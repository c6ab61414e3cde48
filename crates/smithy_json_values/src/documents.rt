//! Documents: JSON values of no shape, read in one pass.

ghost use Rattle.std.specs.Prelude.{◌≡◌, ◌≤◌, ℕ, [], ◌∷◌, length, vec_items, string_bytes, IfOk, IfErr, MatchOption};
ghost use Rattle.smithy_types.specs.DocumentView.{document_view, elements_view, properties_view};
ghost use Rattle.smithy_json_values.specs.declared.documents.DocumentFault.TheVariants.{NoMemory};
ghost use Rattle.smithy_json_values.specs.Codec.{held_settings, held_grammar};
ghost use Rattle.smithy_json_values.specs.Documents.{DocumentLies, DocumentStands};
ghost use Rattle.smithy_json_values.specs.Settings.{Settings, kept};
ghost use Rattle.smithy_json_values.specs.Private.OpenDocuments.{RefusesDocument, RefusesStanding, begin_fault, document_refusal, open_array, open_object, with_value, fresh, open_view, frame_view, frames_view, TakesValue, TakesStep};

mod scalars;

use crate::documents::scalars::{BeginFault, Begun, document_begun};
use crate::input::Input;
use crate::places::{InList, InObject, may_end, next_in_list, next_in_object};
use crate::texts::owned_text;
use smithy_schema::SerdeError;
use smithy_types::Document;
use std::alloc::{AllocError, Global};
use std::collections::BTreeMap;

/// A depth at which a container ends before any boundary, as inside of another one.
const INNER_DEPTH: usize = 2;

/// Why no document is read.
#[derive(Clone, Copy)]
pub enum DocumentFault {
    /// No document is there, whatever the limits.
    NoDocument,
    /// A value comes inside of as many containers as may be open.
    TooDeep,
    /// A number comes that no document holds.
    NotCarried,
    /// An allocation was refused.
    NoMemory,
}

impl From<AllocError> for DocumentFault {
    ghost from_gives = { λ _ fault. fault ≡ NoMemory };

    fn from(_error: AllocError) -> DocumentFault {
        DocumentFault::NoMemory
    }
}

impl From<BeginFault> for DocumentFault {
    ghost from_gives = { λ begin fault. fault ≡ begin_fault begin };

    fn from(fault: BeginFault) -> DocumentFault {
        match fault {
            BeginFault::NoValue => DocumentFault::NoDocument,
            BeginFault::NotCarried => DocumentFault::NotCarried,
            BeginFault::NoMemory => DocumentFault::NoMemory,
        }
    }
}

impl DocumentFault {
    /// The error of a reader that refuses for it.
    pub fn refusal(self) -> SerdeError
        ensures { result ≡ document_refusal self }
    {
        match self {
            DocumentFault::NoDocument => SerdeError::InvalidInput,
            DocumentFault::TooDeep => SerdeError::TooDeep,
            DocumentFault::NotCarried => SerdeError::NotCarried,
            DocumentFault::NoMemory => SerdeError::NoMemory,
        }
    }
}

// The innermost open container of a document: an array with its elements so far, or an object with
// its properties so far.
#[derive(Drop)]
enum Open {
    Array(Vec<Document>),
    Object(BTreeMap<String, Document>),
}

// A container in which a value is due that is being read: the next element, or that of a name.
#[derive(Drop)]
enum Frame {
    InArray(Vec<Document>),
    BehindName(BTreeMap<String, Document>, String),
}

// One step inside of the innermost container: it takes a scalar that ends at the offset, or waits for
// an object or an array with its inside at the offset, or is whole and ends at the offset.
#[derive(Drop)]
enum Step {
    Inside(Open, usize),
    Opens(Frame, bool, usize),
    Ends(Document, usize),
}

// A container that has just opened.
#[inline(always)]
fn fresh(alloc: Global, is_object: bool) -> Open
    ensures { open_view result ≡ fresh is_object }
{
    if is_object {
        Open::Object(BTreeMap::new(alloc))
    } else {
        Open::Array(Vec::new(alloc))
    }
}

#[inline(always)]
fn with_element(elements: Vec<Document>, value: Document) -> Result<Open, AllocError>
    ensures { IfOk result (λ o. open_view o ≡ with_value (frame_view (Frame.InArray elements)) (document_view value)) }
{
    let mut elements = elements;
    elements.push(value)?;
    Ok(Open::Array(elements))
}

#[inline(always)]
fn with_property(
    properties: BTreeMap<String, Document>,
    name: String,
    value: Document,
) -> Result<Open, AllocError>
    ensures { IfOk result (λ o. open_view o ≡ with_value (frame_view (Frame.BehindName properties name)) (document_view value)) }
{
    let mut properties = properties;
    drop(properties.insert(name, value)?);
    Ok(Open::Object(properties))
}

// The container with the value that was due.
#[inline(always)]
fn with_value(frame: Frame, value: Document) -> Result<Open, AllocError>
    ensures { IfOk result (λ o. open_view o ≡ with_value (frame_view frame) (document_view value)) }
{
    match frame {
        Frame::InArray(elements) => with_element(elements, value),
        Frame::BehindName(properties, name) => with_property(properties, name, value),
    }
}

// The step to the value that is due at the offset, inside of so many containers, for which the
// innermost waits.
#[inline(always)]
fn value_step(
    alloc: Global,
    input: &Input<'_>,
    at: usize,
    frame: Frame,
    depth: usize,
) -> Result<Step, DocumentFault>
    requires within { at ≤ length input.now.bytes.now }
    requires shallow { depth ≤ input.now.settings.max_depth }
    ensures { TakesValue (held_grammar input.now.settings) (held_settings input.now.settings) depth input.now.bytes.now at (frame_view frame) result }
{
    let begun = document_begun(alloc, input.bytes, at, &input.settings)?;
    if depth >= input.settings.max_depth {
        return Err(DocumentFault::TooDeep);
    }
    match begun {
        Begun::Scalar(value, end) => Ok(Step::Inside(with_value(frame, value)?, end)),
        Begun::Container(is_object, inside) => Ok(Step::Opens(frame, is_object, inside)),
    }
}

#[inline(always)]
fn array_step(
    alloc: Global,
    input: &Input<'_>,
    at: usize,
    entered: bool,
    elements: Vec<Document>,
    depth: usize,
) -> Result<Step, DocumentFault>
    requires within { at ≤ length input.now.bytes.now }
    requires shallow { depth ≤ input.now.settings.max_depth }
    ensures { TakesStep (held_grammar input.now.settings) (held_settings input.now.settings) depth input.now.bytes.now at entered (open_array (elements_view elements.items)) result }
{
    match next_in_list(input.bytes, at, entered, INNER_DEPTH, &input.settings) {
        Some(InList::Element(start)) => {
            value_step(alloc, input, start, Frame::InArray(elements), depth)
        }
        Some(InList::End(end)) => Ok(Step::Ends(Document::Array(elements), end)),
        None => Err(DocumentFault::NoDocument),
    }
}

#[inline(always)]
fn object_step(
    alloc: Global,
    input: &Input<'_>,
    at: usize,
    entered: bool,
    properties: BTreeMap<String, Document>,
    depth: usize,
) -> Result<Step, DocumentFault>
    requires within { at ≤ length input.now.bytes.now }
    requires shallow { depth ≤ input.now.settings.max_depth }
    ensures { TakesStep (held_grammar input.now.settings) (held_settings input.now.settings) depth input.now.bytes.now at entered (open_object (properties_view properties.entries)) result }
{
    match next_in_object(input.bytes, at, entered, INNER_DEPTH, &input.settings) {
        Some(InObject::Member(name)) => {
            let Some(key) = owned_text(alloc, name.raw, name.has_escape)? else {
                return Err(DocumentFault::NoDocument);
            };
            let frame = Frame::BehindName(properties, key);
            value_step(alloc, input, name.end, frame, depth)
        }
        Some(InObject::End(end)) => Ok(Step::Ends(Document::Object(properties), end)),
        None => Err(DocumentFault::NoDocument),
    }
}

// The next step inside of the innermost of so many containers.
#[inline(always)]
fn next_step(
    alloc: Global,
    input: &Input<'_>,
    at: usize,
    entered: bool,
    inner: Open,
    depth: usize,
) -> Result<Step, DocumentFault>
    requires within { at ≤ length input.now.bytes.now }
    requires shallow { depth ≤ input.now.settings.max_depth }
    ensures { TakesStep (held_grammar input.now.settings) (held_settings input.now.settings) depth input.now.bytes.now at entered (open_view inner) result }
{
    match inner {
        Open::Array(elements) => { array_step(alloc, input, at, entered, elements, depth) }
        Open::Object(properties) => { object_step(alloc, input, at, entered, properties, depth) }
    }
}

// One more container that waits, the innermost.
#[tactic(auto, using(crate::proofs::DocumentFrames::frames_push))]
fn push(frames: &mut Vec<Frame>, frame: Frame) -> Result<(), AllocError>
    ensures { IfOk result (λ _. frames_view (vec_items frames.new) ≡ frame_view frame ∷ frames_view (vec_items frames.old)) }
{
    frames.push(frame)?;
    Ok(())
}

// The innermost container that waits, which leaves.
fn pop(frames: &mut Vec<Frame>) -> Option<Frame>
    ensures { MatchOption result (frames_view (vec_items frames.old) ≡ []) (λ frame. frames_view (vec_items frames.old) ≡ frame_view frame ∷ frames_view (vec_items frames.new)) }
{
    frames.pop()
}

/// The document at the offset inside of so many containers, with its end. Each of its values counts as
/// one more container than it stands in, and no more may be open at once than the settings say.
///
/// The first fault is answered: what is no document whatever the limits, a number that no document holds, or a value too
/// deep.
fn document_at(
    alloc: Global,
    input: Input<'_>,
    at: usize,
    depth: usize,
) -> Result<(Document, usize), DocumentFault>
    requires within { at ≤ length input.bytes.now }
    requires shallow { depth ≤ input.settings.max_depth }
    ensures ok { IfOk result (λ r. DocumentLies (held_grammar input.entry.settings) (held_settings input.entry.settings) depth input.entry.bytes.now at (document_view r.0) r.1) }
    ensures refused { IfErr result (RefusesDocument (held_grammar input.entry.settings) (held_settings input.entry.settings) depth input.entry.bytes.now at) }
{
    let begun = document_begun(alloc, input.bytes, at, &input.settings)?;
    if depth >= input.settings.max_depth {
        return Err(DocumentFault::TooDeep);
    }
    let (is_object, mut at) = match begun {
        Begun::Scalar(value, end) => return Ok((value, end)),
        Begun::Container(is_object, inside) => (is_object, inside),
    };
    let mut frames = Vec::new(alloc);
    let mut inner = fresh(alloc, is_object);
    let mut entered = false;
    'steps: loop {
        let inside_depth = depth + frames.len() + 1;
        match next_step(alloc, &input, at, entered, inner, inside_depth)? {
            Step::Inside(more, end) => {
                inner = more;
                entered = true;
                at = end;
            }
            Step::Opens(frame, is_object, inside) => {
                push(&mut frames, frame)?;
                inner = fresh(alloc, is_object);
                entered = false;
                at = inside;
            }
            Step::Ends(value, end) => {
                let Some(frame) = pop(&mut frames) else {
                    return Ok((value, end));
                };
                inner = with_value(frame, value)?;
                entered = true;
                at = end;
            }
        }
    }
}

/// The document at the offset inside of `depth` containers, with its end, as `document_at` reads it, where behind it comes what
/// may follow a container there. Outside of all containers that is blanks alone.
pub fn standing_document_at(
    alloc: Global,
    input: Input<'_>,
    at: usize,
    depth: usize,
) -> Result<(Document, usize), DocumentFault>
    requires within { at ≤ length input.bytes.now }
    requires shallow { depth ≤ input.settings.max_depth }
    ensures ok { IfOk result (λ r. DocumentStands (held_grammar input.entry.settings) (held_settings input.entry.settings) depth input.entry.bytes.now at (document_view r.0) r.1) }
    ensures refused { IfErr result (RefusesStanding (held_grammar input.entry.settings) (held_settings input.entry.settings) depth input.entry.bytes.now at) }
{
    let (document, end) = document_at(alloc, input, at, depth)?;
    if !may_end(input.bytes, end, depth + 1, &input.settings) {
        return Err(DocumentFault::NoDocument);
    }
    Ok((document, end))
}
──────────────────────────────
### Work request
From the line holding "let Some(frame) = pop(&mut" down to the final line above, copy each line exactly, and leave out everything before it.

### Solution for this task
                let Some(frame) = pop(&mut frames) else {
                    return Ok((value, end));
                };
                inner = with_value(frame, value)?;
                entered = true;
                at = end;
            }
        }
    }
}

/// The document at the offset inside of `depth` containers, with its end, as `document_at` reads it, where behind it comes what
/// may follow a container there. Outside of all containers that is blanks alone.
pub fn standing_document_at(
    alloc: Global,
    input: Input<'_>,
    at: usize,
    depth: usize,
) -> Result<(Document, usize), DocumentFault>
    requires within { at ≤ length input.bytes.now }
    requires shallow { depth ≤ input.settings.max_depth }
    ensures ok { IfOk result (λ r. DocumentStands (held_grammar input.entry.settings) (held_settings input.entry.settings) depth input.entry.bytes.now at (document_view r.0) r.1) }
    ensures refused { IfErr result (RefusesStanding (held_grammar input.entry.settings) (held_settings input.entry.settings) depth input.entry.bytes.now at) }
{
    let (document, end) = document_at(alloc, input, at, depth)?;
    if !may_end(input.bytes, end, depth + 1, &input.settings) {
        return Err(DocumentFault::NoDocument);
    }
    Ok((document, end))
}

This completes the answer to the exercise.